WORK REQUEST:
Write out again, exactly, the lines below starting at the one with "calls s. IsAccountedSo" and ending at the one with "drops no ordered".

PROVIDED ENTRIES:
Content starts

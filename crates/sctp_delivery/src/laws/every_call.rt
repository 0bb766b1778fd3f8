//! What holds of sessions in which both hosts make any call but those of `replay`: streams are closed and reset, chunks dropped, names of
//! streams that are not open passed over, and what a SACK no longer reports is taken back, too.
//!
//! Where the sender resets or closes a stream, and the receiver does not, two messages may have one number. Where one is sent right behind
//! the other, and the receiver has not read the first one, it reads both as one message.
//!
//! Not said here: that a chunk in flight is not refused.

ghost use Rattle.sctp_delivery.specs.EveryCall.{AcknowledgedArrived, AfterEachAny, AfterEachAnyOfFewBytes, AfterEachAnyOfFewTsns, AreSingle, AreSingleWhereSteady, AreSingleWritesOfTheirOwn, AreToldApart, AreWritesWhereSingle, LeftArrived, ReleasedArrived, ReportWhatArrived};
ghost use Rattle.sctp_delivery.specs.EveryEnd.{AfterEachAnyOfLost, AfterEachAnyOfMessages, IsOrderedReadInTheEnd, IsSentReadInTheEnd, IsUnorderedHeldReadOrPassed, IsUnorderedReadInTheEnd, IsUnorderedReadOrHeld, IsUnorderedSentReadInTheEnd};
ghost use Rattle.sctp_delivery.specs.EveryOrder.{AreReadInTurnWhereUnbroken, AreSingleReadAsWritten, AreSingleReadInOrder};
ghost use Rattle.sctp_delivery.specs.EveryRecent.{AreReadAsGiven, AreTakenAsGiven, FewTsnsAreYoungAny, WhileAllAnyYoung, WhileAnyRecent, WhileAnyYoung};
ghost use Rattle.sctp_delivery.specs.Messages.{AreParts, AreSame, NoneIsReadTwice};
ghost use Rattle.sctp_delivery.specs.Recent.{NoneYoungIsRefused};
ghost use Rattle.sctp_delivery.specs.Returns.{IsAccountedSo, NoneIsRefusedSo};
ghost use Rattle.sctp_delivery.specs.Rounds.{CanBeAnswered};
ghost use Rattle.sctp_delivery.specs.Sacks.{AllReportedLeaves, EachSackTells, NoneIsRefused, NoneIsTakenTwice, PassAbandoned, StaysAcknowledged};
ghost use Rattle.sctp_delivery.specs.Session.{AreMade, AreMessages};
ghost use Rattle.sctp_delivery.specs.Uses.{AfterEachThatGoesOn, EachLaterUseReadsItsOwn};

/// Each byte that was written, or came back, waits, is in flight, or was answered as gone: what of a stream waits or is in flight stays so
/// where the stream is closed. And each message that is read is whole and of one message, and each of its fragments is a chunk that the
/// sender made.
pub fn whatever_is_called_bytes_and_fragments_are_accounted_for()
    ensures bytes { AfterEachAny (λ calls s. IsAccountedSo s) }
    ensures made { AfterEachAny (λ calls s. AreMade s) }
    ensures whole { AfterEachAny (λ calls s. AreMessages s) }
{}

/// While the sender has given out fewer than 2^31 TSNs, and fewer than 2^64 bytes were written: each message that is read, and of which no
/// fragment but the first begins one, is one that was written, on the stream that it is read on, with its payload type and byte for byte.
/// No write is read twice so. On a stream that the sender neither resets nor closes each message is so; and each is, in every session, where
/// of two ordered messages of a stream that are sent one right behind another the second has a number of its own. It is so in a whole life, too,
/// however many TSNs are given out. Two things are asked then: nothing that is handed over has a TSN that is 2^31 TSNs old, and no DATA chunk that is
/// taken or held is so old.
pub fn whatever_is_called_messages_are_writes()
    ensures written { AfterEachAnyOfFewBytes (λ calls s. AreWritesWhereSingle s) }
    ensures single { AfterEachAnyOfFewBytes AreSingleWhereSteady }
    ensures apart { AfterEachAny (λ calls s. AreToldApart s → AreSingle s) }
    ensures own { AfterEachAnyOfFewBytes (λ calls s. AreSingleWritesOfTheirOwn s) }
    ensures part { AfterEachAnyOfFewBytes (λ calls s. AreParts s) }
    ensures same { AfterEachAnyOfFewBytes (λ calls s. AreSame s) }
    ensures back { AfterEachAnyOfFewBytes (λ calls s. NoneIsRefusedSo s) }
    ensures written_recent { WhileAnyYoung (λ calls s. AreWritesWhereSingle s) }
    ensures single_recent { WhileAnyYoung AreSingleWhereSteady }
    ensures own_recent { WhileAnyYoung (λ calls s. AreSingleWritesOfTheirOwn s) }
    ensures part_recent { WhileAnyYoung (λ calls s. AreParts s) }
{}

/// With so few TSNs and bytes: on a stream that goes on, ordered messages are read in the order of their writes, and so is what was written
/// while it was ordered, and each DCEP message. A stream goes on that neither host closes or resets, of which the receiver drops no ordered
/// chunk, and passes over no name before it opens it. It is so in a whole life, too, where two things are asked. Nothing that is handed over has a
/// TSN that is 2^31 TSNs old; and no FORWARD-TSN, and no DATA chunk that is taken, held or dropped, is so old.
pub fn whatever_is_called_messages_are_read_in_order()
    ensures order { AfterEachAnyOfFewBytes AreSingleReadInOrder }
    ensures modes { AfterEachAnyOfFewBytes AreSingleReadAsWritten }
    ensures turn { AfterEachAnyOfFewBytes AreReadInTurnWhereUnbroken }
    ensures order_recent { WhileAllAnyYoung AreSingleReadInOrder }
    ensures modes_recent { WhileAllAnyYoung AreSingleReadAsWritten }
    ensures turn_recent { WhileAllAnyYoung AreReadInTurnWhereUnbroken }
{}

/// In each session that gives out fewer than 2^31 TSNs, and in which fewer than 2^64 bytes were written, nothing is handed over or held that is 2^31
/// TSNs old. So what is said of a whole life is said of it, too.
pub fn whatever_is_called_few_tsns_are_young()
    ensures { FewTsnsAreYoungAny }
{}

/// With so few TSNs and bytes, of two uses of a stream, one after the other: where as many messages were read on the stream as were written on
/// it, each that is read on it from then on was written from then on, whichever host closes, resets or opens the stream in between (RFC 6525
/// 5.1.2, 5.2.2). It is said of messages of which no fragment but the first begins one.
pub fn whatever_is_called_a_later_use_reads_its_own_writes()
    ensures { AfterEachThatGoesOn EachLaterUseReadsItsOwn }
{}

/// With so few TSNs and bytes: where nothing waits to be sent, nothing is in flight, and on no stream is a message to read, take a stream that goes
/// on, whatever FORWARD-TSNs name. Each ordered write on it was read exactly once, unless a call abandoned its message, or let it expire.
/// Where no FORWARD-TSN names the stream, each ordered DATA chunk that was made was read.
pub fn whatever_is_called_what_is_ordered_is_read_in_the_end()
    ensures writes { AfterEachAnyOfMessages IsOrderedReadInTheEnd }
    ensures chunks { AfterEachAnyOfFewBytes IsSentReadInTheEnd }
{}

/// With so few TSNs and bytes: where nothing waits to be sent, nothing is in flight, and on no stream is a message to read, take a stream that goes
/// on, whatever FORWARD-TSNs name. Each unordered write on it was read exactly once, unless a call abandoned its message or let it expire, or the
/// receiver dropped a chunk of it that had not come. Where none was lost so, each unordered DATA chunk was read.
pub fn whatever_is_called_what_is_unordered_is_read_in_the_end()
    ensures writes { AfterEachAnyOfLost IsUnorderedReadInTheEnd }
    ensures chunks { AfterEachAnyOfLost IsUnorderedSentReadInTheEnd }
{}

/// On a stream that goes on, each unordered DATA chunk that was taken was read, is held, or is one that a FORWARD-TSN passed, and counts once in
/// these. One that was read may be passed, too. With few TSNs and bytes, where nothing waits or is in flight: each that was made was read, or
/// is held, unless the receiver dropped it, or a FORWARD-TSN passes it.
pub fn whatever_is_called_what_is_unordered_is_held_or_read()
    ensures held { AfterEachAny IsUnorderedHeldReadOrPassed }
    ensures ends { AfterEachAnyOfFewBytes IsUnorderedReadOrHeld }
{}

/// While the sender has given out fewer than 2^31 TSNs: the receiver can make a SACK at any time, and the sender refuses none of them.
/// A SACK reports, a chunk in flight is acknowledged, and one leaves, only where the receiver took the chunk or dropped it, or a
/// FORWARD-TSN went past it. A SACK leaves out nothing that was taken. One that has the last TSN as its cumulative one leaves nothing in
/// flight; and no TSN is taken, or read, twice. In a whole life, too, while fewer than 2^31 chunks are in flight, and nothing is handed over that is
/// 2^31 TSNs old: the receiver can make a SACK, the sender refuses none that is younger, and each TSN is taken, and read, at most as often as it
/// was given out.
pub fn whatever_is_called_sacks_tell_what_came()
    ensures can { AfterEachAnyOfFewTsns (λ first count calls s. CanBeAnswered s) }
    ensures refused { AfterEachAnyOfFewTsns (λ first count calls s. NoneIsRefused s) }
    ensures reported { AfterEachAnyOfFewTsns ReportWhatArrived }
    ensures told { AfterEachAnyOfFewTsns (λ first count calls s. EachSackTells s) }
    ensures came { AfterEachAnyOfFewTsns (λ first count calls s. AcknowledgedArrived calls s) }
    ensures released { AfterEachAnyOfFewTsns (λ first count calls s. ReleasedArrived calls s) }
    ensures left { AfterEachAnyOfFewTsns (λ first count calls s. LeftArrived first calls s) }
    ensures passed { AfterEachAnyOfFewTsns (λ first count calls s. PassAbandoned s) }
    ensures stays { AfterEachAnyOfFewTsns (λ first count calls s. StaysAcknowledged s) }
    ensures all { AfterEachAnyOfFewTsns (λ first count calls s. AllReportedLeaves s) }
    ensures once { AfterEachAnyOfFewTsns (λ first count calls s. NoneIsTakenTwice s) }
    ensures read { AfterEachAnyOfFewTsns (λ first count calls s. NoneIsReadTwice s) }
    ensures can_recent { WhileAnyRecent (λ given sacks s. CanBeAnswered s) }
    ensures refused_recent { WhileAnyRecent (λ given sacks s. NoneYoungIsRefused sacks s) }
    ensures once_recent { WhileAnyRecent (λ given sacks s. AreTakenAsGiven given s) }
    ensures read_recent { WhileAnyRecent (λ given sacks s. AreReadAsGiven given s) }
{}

Content ends

EXPECTED OUTPUT:
    ensures bytes { AfterEachAny (λ calls s. IsAccountedSo s) }
    ensures made { AfterEachAny (λ calls s. AreMade s) }
    ensures whole { AfterEachAny (λ calls s. AreMessages s) }
{}

/// While the sender has given out fewer than 2^31 TSNs, and fewer than 2^64 bytes were written: each message that is read, and of which no
/// fragment but the first begins one, is one that was written, on the stream that it is read on, with its payload type and byte for byte.
/// No write is read twice so. On a stream that the sender neither resets nor closes each message is so; and each is, in every session, where
/// of two ordered messages of a stream that are sent one right behind another the second has a number of its own. It is so in a whole life, too,
/// however many TSNs are given out. Two things are asked then: nothing that is handed over has a TSN that is 2^31 TSNs old, and no DATA chunk that is
/// taken or held is so old.
pub fn whatever_is_called_messages_are_writes()
    ensures written { AfterEachAnyOfFewBytes (λ calls s. AreWritesWhereSingle s) }
    ensures single { AfterEachAnyOfFewBytes AreSingleWhereSteady }
    ensures apart { AfterEachAny (λ calls s. AreToldApart s → AreSingle s) }
    ensures own { AfterEachAnyOfFewBytes (λ calls s. AreSingleWritesOfTheirOwn s) }
    ensures part { AfterEachAnyOfFewBytes (λ calls s. AreParts s) }
    ensures same { AfterEachAnyOfFewBytes (λ calls s. AreSame s) }
    ensures back { AfterEachAnyOfFewBytes (λ calls s. NoneIsRefusedSo s) }
    ensures written_recent { WhileAnyYoung (λ calls s. AreWritesWhereSingle s) }
    ensures single_recent { WhileAnyYoung AreSingleWhereSteady }
    ensures own_recent { WhileAnyYoung (λ calls s. AreSingleWritesOfTheirOwn s) }
    ensures part_recent { WhileAnyYoung (λ calls s. AreParts s) }
{}

/// With so few TSNs and bytes: on a stream that goes on, ordered messages are read in the order of their writes, and so is what was written
/// while it was ordered, and each DCEP message. A stream goes on that neither host closes or resets, of which the receiver drops no ordered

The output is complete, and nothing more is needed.